On February 5th, Southwest Airlines announced it would be sharing US$667 million with its employees through its 2019 ProfitSharing Plan. In what was a challenging year for the company, funds shared will also include compensation from Boeing connected to the grounding of the 737 MAX.
“Our Employees delivered outstanding results despite a challenging year, and it’s a pleasure to reward our People for all they contribute to our continued success…We recognize their resolve, persistence, resilience, and devotion to each other, our Customers, and our cause.” -Gary Kelly, Chairman of the Board and Chief Executive Officer, Southwest Airliens
Six weeks’ pay
According to the airline’s press release, the $667 million profitsharing award is equivalent to $1.8 million per day for the past year. Divided up amongst Southwest’s workers, it means six weeks’ pay for every eligible employee.
Some employees will receive the entire profitsharing award as a contribution to their retirement accounts as specified in their collective bargaining agreements. Southwest has also contributed $925 million in health and welfare benefits, as well as $542 million to employee retirement savings plans – known as a 401(k)s in the United States. In total, Southwest retirement and benefit contributions to employees in 2019 was $2.1 billion.
Southwest isn’t the only airline to have a profitsharing program. In fact, The Points Guy reports that Delta Air Lines would contribute $1.6 billion, or about two months’ pay, to eligible employees. American Airlines will spend $213 million on its profit-sharing program. Finally, United Airlines will pay out about $491 million.
For Southwest, this marks the 46th consecutive year that the airline has rewarded its employees with a profitsharing award. In fact, Southwest was the first in the industry to offer a profitsharing plan.
A challenging 2019 due to the MAX
It hasn’t been the smoothest of years for Southwest Airlines. In fact, during an earnings call on January 23rd, Southwest Chief Executive Gary Kelly noted that 2019’s full-year operating profit was down 28%. This equates to US$828 million less than if the grounded 737 MAX had been operational.

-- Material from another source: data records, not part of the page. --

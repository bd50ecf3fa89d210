//! Makers of algorithm identifiers.

ghost use Rattle.std.specs.Prelude.{◌≡◌, MatchResult, IsOkAnd, Err};
ghost use Rattle.x509_keys_parts.specs.AlgorithmIdentifier.{identified};

mod aes;
mod curves;
mod others;
mod rsa;

use crate::algorithm_identifier::{AlgorithmIdentifier, new_unchecked};
use crate::algorithm_parameters::AlgorithmIdentifierParameters;
use std::alloc::{AllocError, Allocator};
use x509_der::ObjectIdentifier;

/// The algorithm with parameters, if there was memory for its identifier.
///
/// # Errors
/// `AllocError` where there was none; the parameters are dropped.
fn with_parameters<A: Allocator>(
    algorithm: Result<ObjectIdentifier<A>, AllocError>,
    parameters: AlgorithmIdentifierParameters<A>,
) -> Result<AlgorithmIdentifier<A>, AllocError>
    ensures { MatchResult algorithm (λ o. IsOkAnd result (λ v. v ≡ identified o parameters)) (λ e. result ≡ Err e) }
{
    Ok(new_unchecked(algorithm?, parameters))
}

/// The algorithm with NULL for its parameters, if there was memory for its identifier.
///
/// # Errors
/// `AllocError` where there was none.
fn with_null<A: Allocator>(
    algorithm: Result<ObjectIdentifier<A>, AllocError>,
) -> Result<AlgorithmIdentifier<A>, AllocError>
    ensures { MatchResult algorithm (λ o. IsOkAnd result (λ v. v ≡ identified o AlgorithmIdentifierParameters.Null))
        (λ e. result ≡ Err e) }
{
    with_parameters(algorithm, AlgorithmIdentifierParameters::Null)
}

/// The algorithm without parameters, if there was memory for its identifier.
///
/// # Errors
/// `AllocError` where there was none.
fn without_parameters<A: Allocator>(
    algorithm: Result<ObjectIdentifier<A>, AllocError>,
) -> Result<AlgorithmIdentifier<A>, AllocError>
    ensures { MatchResult algorithm (λ o. IsOkAnd result (λ v. v ≡ identified o AlgorithmIdentifierParameters.None))
        (λ e. result ≡ Err e) }
{
    with_parameters(algorithm, AlgorithmIdentifierParameters::None)
}
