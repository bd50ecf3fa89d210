//! Why an algorithm isn't taken.

ghost use Rattle.std.specs.Prelude.{◌≡◌, IfOk, IfErr};
ghost use Rattle.x509_der.specs.ObjectIdentifier.{dotted};
ghost use Rattle.x509_keys_parts.specs.Unsupported.{Names};

use std::alloc::{AllocError, Allocator, Global};
use thiserror::Error;
use x509_der::ObjectIdentifier;

/// An algorithm is not one that is understood.
#[derive(Drop, Error)]
#[derive_where(Debug, PartialEq, Eq)]
#[error("unsupported algorithm:  {algorithm}")]
pub struct UnsupportedAlgorithmError<A: Allocator = Global> {
    /// The algorithm: its object identifier as dotted text, or its name.
    pub algorithm: String<A>,
}

/// Why an algorithm isn't taken.
#[derive(Drop, Error)]
#[derive_where(Debug, PartialEq, Eq)]
pub enum AlgorithmError<A: Allocator = Global> {
    /// The algorithm is not one that is understood.
    #[error(transparent)]
    Unsupported(UnsupportedAlgorithmError<A>),
    /// A request for memory was refused.
    #[error("out of memory")]
    OutOfMemory,
}

impl<A: Allocator> From<AllocError> for AlgorithmError<A> {
    ghost use Rattle.std.specs.Prelude.{◌≡◌};
    ghost use Rattle.x509_keys_parts.specs.declared.errors.AlgorithmError.TheVariants as variants;

    ghost from_gives = { λ _ e. e ≡ variants.OutOfMemory };

    fn from(_refused: AllocError) -> Self {
        AlgorithmError::OutOfMemory
    }
}

/// The error that names an algorithm by a text; where there was no memory for the text, want of it.
pub(crate) fn named_by<A: Allocator>(text: Result<String<A>, AllocError>) -> AlgorithmError<A>
    ensures text { IfOk text (λ algorithm. result ≡ AlgorithmError.Unsupported (record { algorithm = algorithm })) }
    ensures memory { IfErr text (λ _. result ≡ AlgorithmError.OutOfMemory) }
{
    match text {
        Ok(algorithm) => AlgorithmError::Unsupported(UnsupportedAlgorithmError { algorithm }),
        Err(refused) => AlgorithmError::from(refused),
    }
}

/// The error of an object identifier that isn't understood: its dotted text, or want of memory for that.
pub(crate) fn unsupported<A: Allocator>(
    alloc: A,
    identifier: &ObjectIdentifier<A>,
) -> AlgorithmError<A>
    ensures { Names result (dotted identifier.now) }
{
    named_by(identifier.to_string(alloc))
}
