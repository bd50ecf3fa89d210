//! Algorithm identifiers whose parameters are any element.

ghost use Rattle.std.specs.Prelude.{◌≡◌, IfOk, IsOk, MatchOption, Option, Some, None, true, refl};
ghost use Rattle.x509_keys_parts.specs.RawAlgorithm.{RawAlgorithm, NotNull, from_parts as parts_of, is_null, without_null, written_parameters, kinds_of, if_there};
ghost use Rattle.x509_der.specs.Reading.{IsRaw};
ghost use Rattle.x509_der.specs.View.{if_found};
ghost use Rattle.x509_der.specs.Optional.{brief_if};

use std::alloc::{AllocError, Allocator, Global};
use std::marker::Model;
use x509_der::parts::{
    Content, Field, Join, Judge, One, Optional, Output, Reader, Ref, SEQUENCE_TAG, Sequence,
    Tagged, View, WholeDeviations, known_bytes, known_there, pass_viewed, read_viewed,
};
use x509_der::{
    Asn1RawDer, CloneEq, Deviation, FromDer, ObjectIdentifier, ObjectIdentifierAsn1, ReadError,
    SameEq, ToDer, TooLong,
};

/// An algorithm and its parameters, which are any element and aren't looked into. Parameters that are NULL are held as
/// none.
///
/// # Encoding
/// `SEQUENCE { algorithm OBJECT IDENTIFIER, parameters ANY DEFINED BY algorithm OPTIONAL }` (RFC 5280, 4.1.1.2). Here
/// absent parameters and NULL are one value, whose one written encoding is NULL; an encoding without them is read with
/// the deviation `RawParametersAbsent`.
#[derive(Drop)]
#[derive_where(Debug, PartialEq, Eq)]
#[derive_where(Clone; A: Copy)]
pub struct RawAlgorithmIdentifier<A: Allocator = Global> {
    algorithm: ObjectIdentifierAsn1<A>,
    parameters: Option<Asn1RawDer<A>>,
}

impl<A: Allocator> Model for RawAlgorithmIdentifier<A> {
    ghost use Rattle.x509_keys_parts.specs.RawAlgorithm.{RawAlgorithm, NotNull};

    ghost Value = { RawAlgorithm };

    ghost view = { λ v. record { algorithm = v.algorithm; parameters = v.parameters } };

    ghost invariant = { λ v. NotNull v.parameters };

    ghost inverse = { λ v. record { algorithm = v.algorithm; parameters = v.parameters } };
}

/// Whether the bytes are NULL.
fn is_null_element(bytes: &[u8]) -> bool
    ensures { result ≡ is_null bytes.now }
{
    match bytes {
        [5, 0] => true,
        _ => false,
    }
}

/// The parameters, and none where they are NULL.
fn drop_null<A: Allocator>(parameters: Option<Asn1RawDer<A>>) -> Option<Asn1RawDer<A>>
    ensures { result ≡ without_null parameters }
{
    match parameters {
        Some(element) => {
            if is_null_element(element.as_bytes()) {
                None
            } else {
                Some(element)
            }
        }
        None => None,
    }
}

impl<A: Allocator> RawAlgorithmIdentifier<A> {
    /// An algorithm with parameters; those that are NULL become none. Takes no memory.
    pub fn from_parts(algorithm: ObjectIdentifier<A>, parameters: Option<Asn1RawDer<A>>) -> Self
        ensures { result ≡ parts_of algorithm parameters }
    {
        RawAlgorithmIdentifier {
            algorithm: ObjectIdentifierAsn1(algorithm),
            parameters: drop_null(parameters),
        }
    }

    /// The algorithm.
    pub fn algorithm(&self) -> &ObjectIdentifier<A>
        ensures { result.now ≡ self.now.algorithm }
    {
        &self.algorithm.0
    }

    /// The parameters: none where they are absent or NULL.
    pub fn parameters(&self) -> Option<&Asn1RawDer<A>>
        ensures parameters { MatchOption result (self.now.parameters ≡ None)
            (λ p. self.now.parameters ≡ Some p.now) }
        ensures not_null { NotNull self.now.parameters }
    {
        self.parameters.as_ref()
    }
}

impl<A: Allocator + Copy> CloneEq for RawAlgorithmIdentifier<A> {
    ghost use Rattle.std.proofs.Common.{rules};

    ghost exact = { Prim.search (rules) };
}

impl<A: Allocator> SameEq for RawAlgorithmIdentifier<A> {
    fn decides() {
        ObjectIdentifierAsn1::<A>::decides();
        Option::<Asn1RawDer<A>>::decides();
    }
}

/// The deviation of parameters that are absent.
fn absence<A: Allocator>(parameters: &Option<ReadParameters<A>>) -> Option<Deviation>
    ensures { if_found result ≡ kinds_of parameters.now }
{
    match parameters {
        Some(_) => None,
        None => Some(Deviation::RawParametersAbsent),
    }
}

/// The fields that are written, borrowed.
type Written<'a, A> = Tagged<
    Sequence,
    Join<Ref<'a, ObjectIdentifierAsn1<A>>, One<Parameters<'a, A>>>,
>;

/// Parameters as they are written: NULL where there are none.
#[derive(Drop)]
struct Parameters<'a, A: Allocator>(&'a Option<Asn1RawDer<A>>);

impl<'a, A: Allocator> ToDer for Parameters<'a, A> {
    ghost strict = { λ p. written_parameters p.0.now };

    fn put<O: Output>(&self, out: &mut [u8], at: usize) -> Result<usize, TooLong> {
        match self.0 {
            Some(element) => element.put::<O>(out, at),
            None => O::bytes(&[5, 0], out, at),
        }
    }
}

impl<A: Allocator> ToDer for RawAlgorithmIdentifier<A> {
    ghost use Rattle.x509_keys_parts.specs.RawAlgorithm.{written_fields, base};

    ghost strict = { λ v. base.strict (written_fields v) };

    fn put<O: Output>(&self, out: &mut [u8], at: usize) -> Result<usize, TooLong> {
        Written::new(Join(Ref(&self.algorithm), One(Parameters(&self.parameters)))).put::<O>(
            out, at,
        )
    }
}

/// Parameters as they are read: any element, and none where it is NULL.
#[derive(Drop)]
struct ReadParameters<A: Allocator>(Option<Asn1RawDer<A>>);

impl<A: Allocator> Model for ReadParameters<A> {
    ghost use Rattle.std.specs.Prelude.{List, ℕ, Option};
    ghost use Rattle.x509_keys_parts.specs.RawAlgorithm.{NotNull};

    ghost Value = { Option (List ℕ) };

    ghost view = { λ p. p.0 };

    ghost invariant = { λ p. NotNull p.0 };

    ghost inverse = { λ p. record { 0 = p } };
}

impl<A: Allocator> ToDer for ReadParameters<A> {
    ghost strict = { λ p. written_parameters p };

    fn put<O: Output>(&self, out: &mut [u8], at: usize) -> Result<usize, TooLong> {
        Parameters(&self.0).put::<O>(out, at)
    }
}

/// The parameters that an element is. NULL takes no memory, so it isn't refused.
///
/// # Errors
/// `AllocError` where memory is refused.
fn hold<A: Allocator + Copy>(alloc: A, bytes: &[u8]) -> Result<Option<Asn1RawDer<A>>, AllocError>
    requires { IsRaw bytes.now }
    ensures ok { IfOk result (λ p. p ≡ without_null (Some bytes.now)) }
    ensures null { is_null bytes.now ≡ true → IsOk result }
{
    if is_null_element(bytes) {
        return Ok(None);
    }
    let copy = Vec::from_slice(alloc, bytes)?;
    let Ok(element) = Asn1RawDer::from_vec(copy) else {
        unreachable!()
    };
    Ok(Some(element))
}

impl<A: Allocator + Copy> Field<A> for ReadParameters<A> {
    ghost use Rattle.std.specs.Prelude.{refl};
    ghost use Rattle.x509_keys_parts.specs.RawAlgorithm.{parameters};
    ghost use Rattle.x509_keys_parts.specs.facts.RawAlgorithmFacts.{parameters_lawful, parameters_element};

    type Brief = ();

    ghost shape = { parameters };

    ghost brief = { λ v. tt };

    ghost lawful = { λ h. parameters_lawful };

    ghost elements = { λ h. parameters_element };

    ghost agrees = { λ v. refl };

    fn starts(byte: u8) -> bool {
        byte % 32 != 31
    }

    fn known(&self) {
        known_there::<Asn1RawDer<A>, A>(&self.0);
    }

    fn read(alloc: A, reader: &mut Reader<'_, A>) -> Result<Self, ReadError> {
        let bytes = reader.whole_element()?;
        known_bytes(bytes);
        let parameters = hold(alloc, bytes)?;
        Ok(ReadParameters(parameters))
    }

    fn pass(_alloc: A, reader: &mut Reader<'_, A>) -> Result<(), ReadError> {
        let bytes = reader.whole_element()?;
        known_bytes(bytes);
        Ok(())
    }
}

/// The parameters, and none where they are absent.
fn if_there<A: Allocator>(parameters: Option<ReadParameters<A>>) -> Option<Asn1RawDer<A>>
    ensures parameters { result ≡ if_there parameters }
    ensures not_null { NotNull result }
{
    match parameters {
        Some(ReadParameters(parameters)) => parameters,
        None => None,
    }
}

/// The fields in the SEQUENCE.
type Inner<A> = Join<ObjectIdentifierAsn1<A>, One<Optional<ReadParameters<A>>>>;

/// The fields, owned.
type Fields<A> = Tagged<Sequence, Inner<A>>;

impl<A: Allocator + Copy> View<Fields<A>, A> for RawAlgorithmIdentifier<A> {
    ghost use Rattle.x509_der.specs.laws.Meaning.{sequence_keeps};
    ghost use Rattle.x509_keys_parts.specs.RawAlgorithm.{inner, base, raw_meaning};
    ghost use Rattle.x509_keys_parts.specs.facts.RawAlgorithmFacts.{raw_algorithm_means, one_kind};

    ghost base = { base };

    ghost view = { raw_meaning };

    ghost keeps = { sequence_keeps raw_meaning inner
        (⟦<Inner<A> as Content<A>>⟧.content_lawful (tt, (tt, tt), λ c h. refl)) raw_algorithm_means one_kind };

    fn meaning(_alloc: A, parts: Fields<A>) -> Result<(Self, WholeDeviations), ReadError> {
        let Join(ObjectIdentifierAsn1(algorithm), One(Optional(parameters))) = parts.into_inner();
        let absent = absence(&parameters);
        let value = RawAlgorithmIdentifier {
            algorithm: ObjectIdentifierAsn1(algorithm),
            parameters: if_there(parameters),
        };
        Ok((value, WholeDeviations::of(absent)))
    }
}

impl<A: Allocator + Copy> Judge<Fields<A>, A> for RawAlgorithmIdentifier<A> {
    type Glimpse = ((), Option<()>);

    type Kept = ();

    ghost glimpse = { λ f. (tt, brief_if (λ p. tt) f.1) };

    ghost kept = { λ v. tt };

    fn judge(brief: ((), Option<()>)) -> Result<((), WholeDeviations), ReadError> {
        let (_algorithm, parameters) = brief;
        match parameters {
            Some(()) => Ok(((), WholeDeviations::Nothing)),
            None => Ok(((), WholeDeviations::One(Deviation::RawParametersAbsent))),
        }
    }
}

impl<A: Allocator + Copy> Field<A> for RawAlgorithmIdentifier<A> {
    ghost use Rattle.std.specs.Prelude.{refl};
    ghost use Rattle.x509_der.specs.laws.Meaning.{seen_lawful, seen_element};
    ghost use Rattle.x509_keys_parts.specs.RawAlgorithm.{base, raw_meaning, raw_algorithm};
    ghost use Rattle.x509_keys_parts.specs.facts.RawAlgorithmFacts.{raw_algorithm_means, one_kind};

    type Brief = ();

    ghost shape = { raw_algorithm };

    ghost brief = { λ v. tt };

    ghost lawful = { λ h. seen_lawful raw_meaning base ⟦<RawAlgorithmIdentifier<A> as View<Fields<A>, A>>⟧.keeps };

    ghost elements = { λ h. seen_element raw_meaning base (⟦<Fields<A> as Field<A>>⟧.elements tt)
        raw_algorithm_means };

    ghost agrees = { λ v. refl };

    fn starts(byte: u8) -> bool {
        byte == SEQUENCE_TAG
    }

    fn known(&self) {
        self.algorithm.known();
        known_there::<Asn1RawDer<A>, A>(&self.parameters);
    }

    fn read(alloc: A, reader: &mut Reader<'_, A>) -> Result<Self, ReadError> {
        read_viewed::<Self, Fields<A>, A>(alloc, reader)
    }

    fn pass(alloc: A, reader: &mut Reader<'_, A>) -> Result<(), ReadError> {
        pass_viewed::<Self, Fields<A>, A>(alloc, reader)
    }
}

impl<A: Allocator + Copy> FromDer<A> for RawAlgorithmIdentifier<A> {
    ghost stands_alone = { (tt, tt) };
}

With its fleet of 737 MAX aircraft stuck on the ground, Southwest has had to deal with a number of issues. These include reduced capacity, delayed growth and the delayed retirement of older aircraft. According to Planespotters, Southwest had received 34 MAX jets, with three of these on lease. These planes are all now staying dry in the Mojave desert. The airline is expecting another 41 MAX jets.
In December, it was announced that Southwest Airlines had reached a confidential agreement with Boeing for compensation over the grounding of the 737 MAX. While the total was undisclosed, the airline did say it would allocate $125 million towards its’ profitsharing program.
With the 737 MAX grounding expected to be lifted by May or June, this should allow Southwest to resume some of its expansion strategies in 2020 if all goes according to plan. Maybe this time next year the airline will have an even larger profit to share with its employees.